[client] Revise the player-finding process

[joshuaauerbachwatson]

1. There is currently a confusing difference between the player finding process in multi-peer versus server-based and neither is particularly rational in its design (see next).
2. It is unclear whether player finding is supposed to be immediate and tightly coordinated, or whether it can be allowed to stretch out over a longer period. The "min" and "max" players constructs suggest that time might be taken when in fact there is usually less than a minute before various time limits kick in. The idea of keeping groups around (by saving them in a local document) suggests that they can be used and reused, but server timeouts actually preclude that.

Proposed improvements:

1. Eliminate the min and max players idea in terms of just a simple player count.
2. Reorganize the server-based finding protocol to avoid contacting the server before all the players have their tokens and are ready to start.
   • this likely means combining Groups and Players, making Search a button in the dialog. The top level button should probably be called Players. Groups should be unnamed since they really are, anyway.
   • the group label becomes useless if groups are unnamed. The distinction between "nearby only" and "widespread" can be made in the Players dialog and/or the Game dialog but need not be shown at top level.
   • Probably the buttons can be consolidated after this change. We need to show four player labels, Help, Players, and Game. Once a game is started we need End Game and, for the player whose turn it is we need Yield. Show will be eliminated in issue #19.
3. Either revert to the random selection of "first player" for server-based, or permit both protocols to designate a first player by a means that is orthogonal to the token distribution scheme. One simple idea is that a player can request to play first. If more than one requests to play first, the one chosen is arbitrary, but, at least with prior agreement the first player could be unambiguously chosen by the group. Request to play first could be part of the new Players dialog.

[joshuaauerbachwatson]

Since the server will no longer be involved in generating game tokens, there is a question of what happens when a new token arrives for the first time. I think the server should just go ahead and create the game, but that in turn means that all calls that could result in the commitment of resources must be protected by the app token. Otherwise, a DOS attack could be mounted be just generating arbitrary game tokens.

[joshuaauerbachwatson]

There are quite a few moving parts here. Will try this ordering:

• [x] Revise the server protocol to eliminate the specialized /create path and to protect every call with an app token (later to be replaced by an auth0 login in issue #13).
• [x] Revise the player finding details to use only a number of players and not a min or max. Tweak the dialog accordingly. This may change again when we establish a special "first to play" player.
• [x] Consolidate dialogs and buttons to the new scheme, including a way to claim the "first to play" status.

[joshuaauerbachwatson]

It is worth writing down the new server protocol. I am not committing it to a separate document because it will change again under issue #5.

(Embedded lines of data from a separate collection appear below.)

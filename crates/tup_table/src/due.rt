//! What a commit takes.
use tup_path::Bytes;

/// A commit as it is written.
#[derive(Drop)]
pub(crate) struct Due {
    /// Its length, its changes, and the next gate.
    pub bytes: Bytes,
    /// How many bytes the entries take after it.
    pub size: u64,
    /// Whether the store is compacted first.
    pub first: bool,
}
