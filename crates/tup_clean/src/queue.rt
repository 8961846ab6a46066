//! Which rules are ready, and what the others wait for.
ghost use Rattle.std.specs.Prelude.{◌≡◌, ℕ, Bool, List, false, IfOk, OnOk, Some, [], length, nat_lt, replicate};
ghost use Rattle.tup_rule.specs.declared.rule.Rule.{Rule as RuleValue};
ghost use Rattle.tup_clean.specs.Clean.{is_good as is_good_verdict};
ghost use Rattle.tup_clean.specs.Readers.{AreReaders};
ghost use Rattle.tup_clean.specs.Queue.{IsQueue, IsWhole, IsNext, CanRelease, AreWaiting, IsReleased, AreBelow, IsNoted, Takes, Adds, Notes};

use std::alloc::{AllocError, Global};
use std::collections::BTreeSet;
use tup_access::Verdict;
use tup_path::Items;
use tup_rule::{Makers, Rule, makers, producers_of};

/// The rules of a build that were not taken yet, with what they wait for.
#[derive(Drop)]
pub struct Queue {
    /// For each rule, how many makers of what it declares aren't Good, one counted as often as it is declared.
    waits: Vec<usize>,
    /// For each rule, the rules that declare what it makes, one as often as it declares such a path.
    readers: Vec<Items<usize>>,
    /// The rules that wait for none and were not taken.
    ready: BTreeSet<usize>,
}

impl Queue {
    /// The queue of all rules, none of them Good.
    pub fn new(alloc: Global, rules: &[Rule]) -> Result<Queue, AllocError>
        ensures { IfOk result (IsWhole rules.now) }
    {
        let makers = makers(alloc, rules)?;
        let mut queue = Queue {
            waits: Vec::new(alloc),
            readers: no_readers(alloc, rules.len())?,
            ready: BTreeSet::new(alloc),
        };
        for rule in rules {
            queue.add(alloc, &makers, rule)?;
        }
        Ok(queue)
    }

    /// Adds the next rule.
    fn add(&mut self, alloc: Global, makers: &Makers, rule: &Rule) -> Result<(), AllocError>
        requires { Takes makers.now rule.now self.old }
        ensures { OnOk result (Adds makers.now rule.now self.old self.new) }
    {
        let at = self.waits.len();
        let producers = producers_of(alloc, makers, rule)?;
        note_reader(&mut self.readers, &producers, at)?;
        if producers.is_empty() {
            self.ready.insert(at)?;
        }
        self.waits.push(producers.len())?;
        Ok(())
    }

    /// Takes the first rule that is ready; it takes no memory.
    pub fn next(&mut self) -> Option<usize>
        ensures { (rules : List RuleValue) (left good : ℕ → Bool) → IsQueue rules left good self.old
            → IsNext rules left good result self.new }
    {
        self.ready.pop_first()
    }

    /// Notes the verdict of a rule: where it is Good, its readers wait for it no longer.
    pub fn note(&mut self, at: usize, verdict: &Verdict) -> Result<(), AllocError>
        requires { CanRelease at self.old }
        ensures { OnOk result (Notes at (is_good_verdict (Some verdict.now)) self.old self.new) }
    {
        if is_good(verdict) {
            release(
                self.readers[at].as_slice(),
                &mut self.waits,
                &mut self.ready,
            )?;
        }
        Ok(())
    }
}

/// For each rule, the rules that declare what it makes, one as often as it declares such a path.
pub fn readers(alloc: Global, rules: &[Rule]) -> Result<Vec<Items<usize>>, AllocError>
    ensures { IfOk result (λ readers. AreReaders rules.now readers.items) }
{
    Ok(Queue::new(alloc, rules)?.readers)
}

fn is_good(verdict: &Verdict) -> bool
    ensures { result ≡ is_good_verdict (Some verdict.now) }
{
    matches!(verdict, Verdict::Good)
}

/// An empty list for each rule.
fn no_readers(alloc: Global, count: usize) -> Result<Vec<Items<usize>>, AllocError>
    ensures { IfOk result (λ readers. readers.items ≡ replicate count []) }
{
    let mut readers = Vec::new(alloc);
    for _ in 0..count {
        readers.push(Items::new(alloc))?;
    }
    Ok(readers)
}

/// Notes a rule with each of its producers.
fn note_reader(
    readers: &mut [Items<usize>],
    producers: &[usize],
    reader: usize,
) -> Result<(), AllocError>
    requires { AreBelow producers.now (length readers.old) }
    ensures { OnOk result (IsNoted reader producers.now readers.old readers.new) }
{
    for producer in producers {
        readers[*producer].push(reader)?;
    }
    Ok(())
}

/// Lets each of these wait for one less. One that waits for none then is ready.
fn release(
    readers: &[usize],
    waits: &mut [usize],
    ready: &mut BTreeSet<usize>,
) -> Result<(), AllocError>
    requires { AreWaiting readers.now waits.old }
    ensures { OnOk result (IsReleased readers.now waits.old waits.new ready.old ready.new) }
{
    for reader in readers {
        waits[*reader] -= 1;
        if waits[*reader] == 0 {
            ready.insert(*reader)?;
        }
    }
    Ok(())
}
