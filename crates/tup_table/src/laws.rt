//! What is written is read, and what changes leave.
ghost use Rattle.std.specs.Prelude.{◌≡◌, ◌≢◌, ◌∷◌, ◌++◌, [], ℕ, List, Result, length, Some, None};
ghost use Rattle.std.specs.List.{AllByRecursion};
ghost use Rattle.tup_table.specs.Appending.{appending};
ghost use Rattle.tup_table.specs.Compact.{HasSameValues, compacted, compact_area, live_size};
ghost use Rattle.tup_table.specs.Entries.{Standing, IsAscending, key_of, changed, committed, entry_at, entries_of};
ghost use Rattle.tup_table.specs.Reading.{ReadsAs};
ghost use Rattle.tup_table.specs.Store.{header, blocks, switch_of, CommitFits, IsHead, IsStore};
ghost use Rattle.tup_table.specs.declared.change.Change.{Change};
ghost use Rattle.tup_table.specs.declared.fault.TableFault.{TableFault};
ghost use Rattle.tup_table.specs.declared.opened.Opened.{Opened};

/// A commit that was put behind the last gate isn't in the store before that gate is opened, whatever stands at the gate
/// and behind it, and is in it from then on, whatever stands behind the commit. Its changes then come after those of the
/// commits before it, and have that gate as their origin.
pub fn written_is_read()
    ensures closed { (head : List ℕ) → IsHead head → switch_of head ≢ 1
        → (commits : List (List Change)) (gate : ℕ) (rest : List ℕ)
        → AllByRecursion CommitFits commits → gate ≢ 1
        → IsStore (head ++ blocks commits ++ gate ∷ rest) commits }
    ensures opened { (head : List ℕ) → IsHead head → switch_of head ≢ 1
        → (commits : List (List Change)) (changes : List Change) (rest : List ℕ)
        → AllByRecursion CommitFits commits → CommitFits changes
        → IsStore (head ++ blocks commits ++ 1 ∷ (appending changes ++ rest))
        (commits ++ changes ∷ []) }
    ensures entries { (commits : List (List Change)) (changes : List Change)
        → entries_of (commits ++ changes ∷ [])
        ≡ committed (length (header ++ blocks commits)) (entries_of commits) changes }
{}

/// What stands under a key is what was put there last, if it wasn't deleted since: a change tells what stands under its own
/// key, and leaves all other keys. The keys that commits leave ascend.
pub fn last_change_stands()
    ensures put { (entries : Standing) (origin : ℕ) (key value : List ℕ)
        → entry_at (changed origin entries (Change.Put key value)) key
        ≡ Some (record { value = value; origin = origin }) }
    ensures deleted { (entries : Standing) (origin : ℕ) (key : List ℕ) → IsAscending entries
        → entry_at (changed origin entries (Change.Delete key)) key ≡ None }
    ensures others { (entries : Standing) (origin : ℕ) (change : Change) (other : List ℕ)
        → other ≢ key_of change
        → entry_at (changed origin entries change) other ≡ entry_at entries other }
    ensures ascending { (commits : List (List Change)) → IsAscending (entries_of commits) }
{}

/// One commit of all entries leaves the same keys with the same values, and a store of it has as many bytes as are live.
pub fn compacting_keeps()
    ensures values { (entries : Standing) → IsAscending entries
        → HasSameValues (entries_of (compacted entries)) entries }
    ensures live { (entries : Standing) → length (header ++ compact_area entries) ≡ live_size entries }
{}

/// Bytes read as one thing alone: the entries of one list of commits, nothing, or damage at one offset.
pub fn bytes_read_in_one_way()
    ensures { (bytes : List ℕ) (one other : Result Opened TableFault)
        → ReadsAs bytes one → ReadsAs bytes other → one ≡ other }
{}
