//! Laws of the clean build, whichever ready rule is taken first. Each is a function that does nothing, and whose
//! contract is the law.
ghost use Rattle.tup_clean.specs.AnyOrder as law;
ghost use Rattle.tup_clean.specs.Taken as turns;

/// A law: in whatever order the ready rules are taken, until none is ready, the clean build is left. It holds where
/// no path is an output of two rules.
pub fn any_order()
    ensures same { law.AnyOrder }
    ensures one_of_them { law.SomeOrder }
{}

/// A law: in the clean build just the rules whose declared producers are all Good have a verdict, each the one over
/// the tree that is left, and that tree has what the Good rules leave, and elsewhere the sources. It holds where no
/// path is an output of two rules.
pub fn no_order()
    ensures { law.NoOrder }
{}

/// A law: the test of the definition, which follows as many steps as there are rules, decides whether all declared
/// producers of a rule are Good, over however many steps.
pub fn counted_test()
    ensures { law.CountedTest }
{}

/// A law: the clean build takes rules in turn, each as the first that is ready by the verdicts before it, and has just
/// their verdicts.
pub fn in_turn()
    ensures { turns.TakesInTurn }
{}

/// A law: where no rule waits for itself, and all rules that were taken in turn are Good, one is ready as long as one is
/// left. So once none is ready all were taken.
pub fn never_stuck()
    ensures ready { turns.SomeIsReady }
    ensures all { turns.AllAreTaken }
{}
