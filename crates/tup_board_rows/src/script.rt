//! Orders that a board obeys, and what is looked at then.
use crate::clean::files_in;
use crate::desk::Desk;
use crate::opening::board_of;
use crate::order::Order;
use crate::project::Given;
use crate::quiet::Quiet;
use crate::shown::{show_cause, show_event};
use std::alloc::Global;
use tup_board::BoardParts;
use tup_core::CoreEvent;
use tup_graph::Nodes;
use tup_path::{Bytes, Path};
use tup_rows::{RowFault, Words};
use tup_site::{MemSite, Site};

/// What a call shows of the board of a row, once it has obeyed the orders; `none` where no board may be made.
pub(crate) fn script(
    alloc: Global,
    given: &Given,
    call: &str,
    said: &Words,
) -> Result<Words, RowFault> {
    match board_of(alloc, given, said, calls_of(said)) {
        Ok(desk) => played(alloc, desk, call, said),
        Err(RowFault::OtherKind) => Ok(none(alloc, said)),
        Err(fault) => Err(fault),
    }
}

/// The answer of a row, which isn't looked at any further.
fn none(alloc: Global, said: &Words) -> Words {
    said.as_slice();
    Words::word(alloc, b"none")
}

/// How many calls the site of a row lets pass; all of them where that is `-`.
fn calls_of(said: &Words) -> u64 {
    if said.str_at(2) == "-" {
        u64::MAX
    } else {
        said.number_at(2)
    }
}

/// The same of a board at its opening.
fn played(alloc: Global, mut desk: Desk, call: &str, said: &Words) -> Result<Words, RowFault> {
    match obey_all(alloc, &mut desk, said) {
        Ok(answers) => shown(alloc, call, desk.into_parts(), answers),
        Err(fault) => {
            drop(desk);
            Err(fault)
        }
    }
}

/// A board obeys the orders of a row, each behind a `;`.
fn obey_all(alloc: Global, desk: &mut Desk, said: &Words) -> Result<Words, RowFault> {
    let mut answers = Words::new(alloc);
    for at in 0..said.len() {
        if said.word_at(at) == b";".as_slice() {
            obey(alloc, desk, &Order::behind(said, at), &mut answers)?;
        }
    }
    Ok(answers)
}

/// It obeys an order; the answer is `no` where the seat can't.
fn obey(
    alloc: Global,
    desk: &mut Desk,
    order: &Order<'_>,
    answers: &mut Words,
) -> Result<(), RowFault> {
    match desk.obey(alloc, order) {
        Ok(words) => add_all(alloc, answers, words.as_slice()),
        Err(RowFault::OtherKind) => answers.put(alloc, b"no"),
        Err(fault) => return Err(fault),
    }
    Ok(())
}

fn add_all(alloc: Global, words: &mut Words, more: &[Vec<u8>]) {
    for word in more {
        words.put(alloc, word);
    }
}

/// What a call shows of the parts of a board.
fn shown(
    alloc: Global,
    call: &str,
    mut parts: BoardParts<Quiet>,
    answers: Words,
) -> Result<Words, RowFault> {
    let words = looked_at(alloc, call, &mut parts, answers);
    drop(parts);
    words
}

fn looked_at(
    alloc: Global,
    call: &str,
    parts: &mut BoardParts<Quiet>,
    answers: Words,
) -> Result<Words, RowFault> {
    match call {
        "run" => Ok(answers),
        "events" => Ok(events(alloc, parts.history.as_slice())),
        "flags" => Ok(flags(alloc, parts)),
        "files" => files(alloc, parts.site.beneath()),
        _ => Err(RowFault::NoSuchCall),
    }
}

/// All that happened.
fn events(alloc: Global, history: &[CoreEvent]) -> Words {
    let mut words = Words::new(alloc);
    for event in history {
        show_event(alloc, &mut words, event);
    }
    words
}

fn flags(alloc: Global, parts: &BoardParts<Quiet>) -> Words {
    let mut words = Words::new(alloc);
    add_state(alloc, &mut words, parts);
    words
}

/// Whether the graph is `fresh` or `lost`, the first cause of a stop or `-`, and the flagged rules.
pub(crate) fn add_state<S: Site>(alloc: Global, words: &mut Words, parts: &BoardParts<S>) {
    words.put(alloc, freshness(parts.graph.fresh()));
    match parts.cause {
        Some(cause) => show_cause(alloc, words, cause),
        None => words.put(alloc, b"-"),
    }
    add_flags(alloc, words, parts.graph.nodes());
}

fn freshness(is_fresh: bool) -> &'static [u8] {
    if is_fresh { b"fresh" } else { b"lost" }
}

fn add_flags(alloc: Global, words: &mut Words, nodes: &Nodes) {
    for (number, _) in nodes.flags() {
        words.show(alloc, number);
    }
}

/// The files of a site, each with its content.
fn files(alloc: Global, site: &mut MemSite) -> Result<Words, RowFault> {
    let files = files_in(alloc, site)?;
    Ok(shown_files(alloc, files.as_slice()))
}

fn shown_files(alloc: Global, files: &[(Path, Bytes)]) -> Words {
    let mut words = Words::new(alloc);
    for (path, content) in files {
        words.show(alloc, path);
        words.put(alloc, content.as_slice());
    }
    words
}
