//! The run of one command over the files of a build.
ghost use Rattle.std.specs.Prelude.{◌≡◌, None, IsTrue, IfOk};
ghost use Rattle.tup_access.specs.Generated.{IsGenerated};
ghost use Rattle.tup_access.specs.Judge.{IsJudged};
ghost use Rattle.tup_access.specs.Verdict.{verdict as verdict_of};
ghost use Rattle.tup_clean.specs.Ran.{RunsOne, CountsFaults, command_of};

use crate::fault::CleanFault;
use crate::tree::FileTree;
use crate::view::{FileView, Sight};
use std::alloc::Global;
use std::collections::BTreeSet;
use tup_access::{Inputs, Verdict, judge};
use tup_path::{Files, Items, Path};
use tup_rule::Rule;
use tup_runner::{RunFailed, Runner, perform};

/// The verdict on a rule over some files, and the files that its command leaves.
pub(crate) fn run<R: Runner>(
    alloc: Global,
    runner: &mut R,
    rules: &[Rule],
    generated: &BTreeSet<Path>,
    rule: &Rule,
    tree: &FileTree,
) -> Result<(Verdict, Files), CleanFault>
    requires { IsGenerated rules.now generated.now }
    ensures judged { IsTrue R.tells → IfOk result (λ ran. IsJudged ran.0 ran.1
        (verdict_of R.next rules.now rule.now tree.now)) }
    ensures ran { IsTrue R.tells_ran
        → RunsOne (command_of rule.now) (R.ran runner.old) (R.ran runner.new) result }
    ensures cause { CountsFaults (R.faults runner.old) (R.faults runner.new) result }
{
    let inputs = Inputs::of(alloc, rule)?;
    let mut view = FileView {
        sight: Sight {
            rules,
            generated,
            rule,
            inputs: &inputs,
            tree,
        },
        asked: 0,
        denied: None,
    };
    run_in(alloc, runner, &mut view)
}

/// The same, through a view that was asked nothing yet.
fn run_in<R: Runner>(
    alloc: Global,
    runner: &mut R,
    view: &mut FileView<'_>,
) -> Result<(Verdict, Files), CleanFault>
    requires unasked { view.old.asked ≡ 0 }
    requires undenied { view.old.denied ≡ None }
    ensures judged { IsTrue R.tells → IfOk result (λ ran. IsJudged ran.0 ran.1 (verdict_of R.next
        view.old.sight.rules.now view.old.sight.rule.now view.old.sight.tree.now)) }
    ensures ran { IsTrue R.tells_ran → RunsOne (command_of view.old.sight.rule.now)
        (R.ran runner.old) (R.ran runner.new) result }
    ensures cause { CountsFaults (R.faults runner.old) (R.faults runner.new) result }
{
    let rule = view.sight.rule;
    match perform(alloc, runner, &rule.dir, &rule.text, view) {
        Ok(report) => Ok(judge(alloc, rule, report.ended())?),
        Err(RunFailed::Denied) => {
            let (_, verdict) = view.denied.take().unwrap();
            Ok((verdict, Items::new(alloc)))
        }
        Err(RunFailed::View) => unreachable!(), // the files are at hand
        Err(RunFailed::Fault) => Err(CleanFault::Run),
        Err(RunFailed::Memory) => Err(CleanFault::Memory),
    }
}
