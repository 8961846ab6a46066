//! Where the entries of a store were read.
use crate::compacting::Snapshot;
use crate::opened::Opened;

/// Where the entries of a store were read.
#[derive(Drop)]
pub(crate) enum Found {
    /// In the low area, behind a closed switch.
    Low(Opened),
    /// In the high area, behind an open switch: the store is being compacted.
    High {
        /// What it is compacted to.
        snapshot: Snapshot,
        /// The offset of the gate behind the commits of the high area; the store may end there.
        end: u64,
    },
}
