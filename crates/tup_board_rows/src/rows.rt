//! The calls of `board.rows`.
use crate::project::Given;
use crate::script::script;
use crate::sweep::sweep;
use std::alloc::Global;
use tup_rows::{Answers, RowFault, Words};

impl Answers for Given {
    fn answer(&mut self, alloc: Global, call: &str, said: &Words) -> Result<Words, RowFault> {
        match call {
            "source" => Ok(self.project.add_source(alloc, said)),
            "rule" => Ok(self.project.add_rule(alloc, said)),
            "large" => Ok(self.set_large(alloc, said)),
            "anew" => Ok(self.begin_anew(alloc)),
            "sweep" => sweep(alloc, self, said),
            _ => script(alloc, self, call, said),
        }
    }
}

• Eliminate both /create and /delete. We create on demand and delete by garbage collecting in the existing timer-based regimen.
• /newstate inputs are appToken, gameToken, player, state.
• /poll inputs are appToken, gameToken, player. In the gRPC revision this would be eliminated in favor of a push notification.
• /withdraw inputs are appToken, gameToken, player.
• /reset and /dump require only the appToken.

This means that for the moment, anyone who has exfiltrated the appToken from the app can do a dump or reset operation (the app itself provides no support for these but it's trivial to write a script to do them from a computer). That's not good, but I would argue that anyone who manages to exfiltrate the app token can mount a variety of attacks. What's needed is a more auditable system of personal identity tokens backed by a login, where these "ordinary" tokens do not confer the ability to use the administrative operations and can be revoked upon evidence of bad behavior.

[joshuaauerbachwatson]

Having changed the server protocol as indicated, I now see that it is easier to play the game even with the current not-quite-optimal dialogs. The group can just make up a token and use it. In fact, the local game table (which I thought was useless) is actually quite useful in remembering tokens for different games you might want to play. While it's true that the server state associated with a game is garbage collected quite aggressively now when the game goes idle, that is complimented by the fact that game state is entered into the server on demand (there is no longer a "create" operation). The idea of eliminating the min/max confusion, creating a "first to play" indicator, and consolidating the buttons and dialogs remains valid, though, and I will continue with that.

[joshuaauerbachwatson]

This is looking pretty good now. Will open point issues for any problems discovered later.